(Work item)
Wherever the string "Leveled" shows up in the material below, copy that line.

### Data records ###

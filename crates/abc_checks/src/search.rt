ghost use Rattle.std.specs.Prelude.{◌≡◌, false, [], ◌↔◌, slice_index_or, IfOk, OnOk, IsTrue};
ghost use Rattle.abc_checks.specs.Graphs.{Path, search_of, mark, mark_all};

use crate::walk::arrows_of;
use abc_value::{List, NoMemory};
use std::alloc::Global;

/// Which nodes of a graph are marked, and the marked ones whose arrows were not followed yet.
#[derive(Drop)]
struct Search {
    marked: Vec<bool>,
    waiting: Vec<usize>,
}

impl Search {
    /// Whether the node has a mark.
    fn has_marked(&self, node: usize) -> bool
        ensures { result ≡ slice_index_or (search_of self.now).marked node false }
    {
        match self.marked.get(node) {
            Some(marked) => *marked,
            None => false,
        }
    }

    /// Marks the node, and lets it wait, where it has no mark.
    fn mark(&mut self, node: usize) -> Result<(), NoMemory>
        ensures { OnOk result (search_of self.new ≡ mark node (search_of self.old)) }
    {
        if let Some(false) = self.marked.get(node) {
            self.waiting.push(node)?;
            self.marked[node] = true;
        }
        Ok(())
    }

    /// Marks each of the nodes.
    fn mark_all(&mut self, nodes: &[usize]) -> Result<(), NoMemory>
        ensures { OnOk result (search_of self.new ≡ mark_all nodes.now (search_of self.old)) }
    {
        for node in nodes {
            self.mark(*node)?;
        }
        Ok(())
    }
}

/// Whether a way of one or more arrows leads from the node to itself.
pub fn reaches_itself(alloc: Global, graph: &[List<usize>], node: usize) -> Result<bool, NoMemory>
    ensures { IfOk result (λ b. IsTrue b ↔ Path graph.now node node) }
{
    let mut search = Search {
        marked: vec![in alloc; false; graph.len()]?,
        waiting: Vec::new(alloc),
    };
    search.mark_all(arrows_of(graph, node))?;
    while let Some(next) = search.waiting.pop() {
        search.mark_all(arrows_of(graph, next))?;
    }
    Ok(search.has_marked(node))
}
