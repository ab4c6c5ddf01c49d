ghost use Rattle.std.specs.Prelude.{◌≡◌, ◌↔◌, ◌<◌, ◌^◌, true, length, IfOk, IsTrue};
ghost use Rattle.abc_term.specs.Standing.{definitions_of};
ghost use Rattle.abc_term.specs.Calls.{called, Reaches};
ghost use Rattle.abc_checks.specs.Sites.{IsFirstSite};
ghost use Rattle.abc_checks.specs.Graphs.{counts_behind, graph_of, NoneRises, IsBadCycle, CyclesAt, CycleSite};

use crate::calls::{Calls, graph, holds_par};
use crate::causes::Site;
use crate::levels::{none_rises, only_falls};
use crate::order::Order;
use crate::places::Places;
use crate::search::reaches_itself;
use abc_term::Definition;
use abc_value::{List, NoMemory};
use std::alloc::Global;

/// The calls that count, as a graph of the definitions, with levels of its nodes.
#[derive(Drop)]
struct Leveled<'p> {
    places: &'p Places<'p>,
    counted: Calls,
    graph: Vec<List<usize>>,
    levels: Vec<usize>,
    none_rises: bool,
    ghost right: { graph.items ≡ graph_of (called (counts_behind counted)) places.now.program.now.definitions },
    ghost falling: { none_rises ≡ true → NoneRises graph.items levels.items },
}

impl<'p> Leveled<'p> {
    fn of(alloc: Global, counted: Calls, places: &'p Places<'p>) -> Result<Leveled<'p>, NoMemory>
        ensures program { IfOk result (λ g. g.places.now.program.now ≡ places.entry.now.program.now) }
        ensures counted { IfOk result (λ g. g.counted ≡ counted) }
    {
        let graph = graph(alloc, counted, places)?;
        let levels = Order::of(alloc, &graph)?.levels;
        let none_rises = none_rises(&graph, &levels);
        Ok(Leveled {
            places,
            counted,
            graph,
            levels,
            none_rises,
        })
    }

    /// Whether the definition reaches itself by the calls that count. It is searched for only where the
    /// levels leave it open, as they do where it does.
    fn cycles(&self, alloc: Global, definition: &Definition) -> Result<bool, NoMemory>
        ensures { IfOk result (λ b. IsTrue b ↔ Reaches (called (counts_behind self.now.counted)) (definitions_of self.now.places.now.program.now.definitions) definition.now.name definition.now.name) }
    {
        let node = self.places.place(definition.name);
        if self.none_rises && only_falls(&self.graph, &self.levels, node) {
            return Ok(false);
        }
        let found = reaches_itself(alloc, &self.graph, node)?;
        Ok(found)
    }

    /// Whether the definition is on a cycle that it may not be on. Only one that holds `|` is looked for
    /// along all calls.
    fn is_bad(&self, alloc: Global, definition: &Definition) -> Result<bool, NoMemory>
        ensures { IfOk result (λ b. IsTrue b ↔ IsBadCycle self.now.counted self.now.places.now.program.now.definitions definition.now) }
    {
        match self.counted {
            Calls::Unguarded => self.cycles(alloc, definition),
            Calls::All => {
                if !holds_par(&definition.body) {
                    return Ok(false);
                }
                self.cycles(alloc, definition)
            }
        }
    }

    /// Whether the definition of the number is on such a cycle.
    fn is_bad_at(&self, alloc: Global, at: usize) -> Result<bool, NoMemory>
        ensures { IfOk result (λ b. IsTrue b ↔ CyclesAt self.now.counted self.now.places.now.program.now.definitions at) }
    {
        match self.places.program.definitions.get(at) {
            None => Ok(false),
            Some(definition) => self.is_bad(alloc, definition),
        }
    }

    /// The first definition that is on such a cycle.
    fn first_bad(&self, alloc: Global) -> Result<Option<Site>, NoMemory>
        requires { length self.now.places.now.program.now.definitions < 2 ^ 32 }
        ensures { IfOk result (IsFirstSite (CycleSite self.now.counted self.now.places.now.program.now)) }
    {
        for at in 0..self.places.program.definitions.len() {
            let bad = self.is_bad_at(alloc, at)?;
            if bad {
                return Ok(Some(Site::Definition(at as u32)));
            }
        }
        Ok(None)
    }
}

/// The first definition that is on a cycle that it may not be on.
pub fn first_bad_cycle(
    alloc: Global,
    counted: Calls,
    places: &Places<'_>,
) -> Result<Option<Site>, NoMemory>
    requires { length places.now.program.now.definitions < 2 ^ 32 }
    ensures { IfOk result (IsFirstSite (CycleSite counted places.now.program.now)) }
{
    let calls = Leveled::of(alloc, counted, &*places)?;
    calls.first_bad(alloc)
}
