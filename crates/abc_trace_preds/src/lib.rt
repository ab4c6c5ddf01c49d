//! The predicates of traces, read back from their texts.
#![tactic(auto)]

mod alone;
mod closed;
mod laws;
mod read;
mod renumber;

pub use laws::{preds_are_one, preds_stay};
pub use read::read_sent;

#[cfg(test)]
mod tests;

###

(Task response)
struct Leveled<'p> {
impl<'p> Leveled<'p> {
    fn of(alloc: Global, counted: Calls, places: &'p Places<'p>) -> Result<Leveled<'p>, NoMemory>
        Ok(Leveled {
    let calls = Leveled::of(alloc, counted, &*places)?;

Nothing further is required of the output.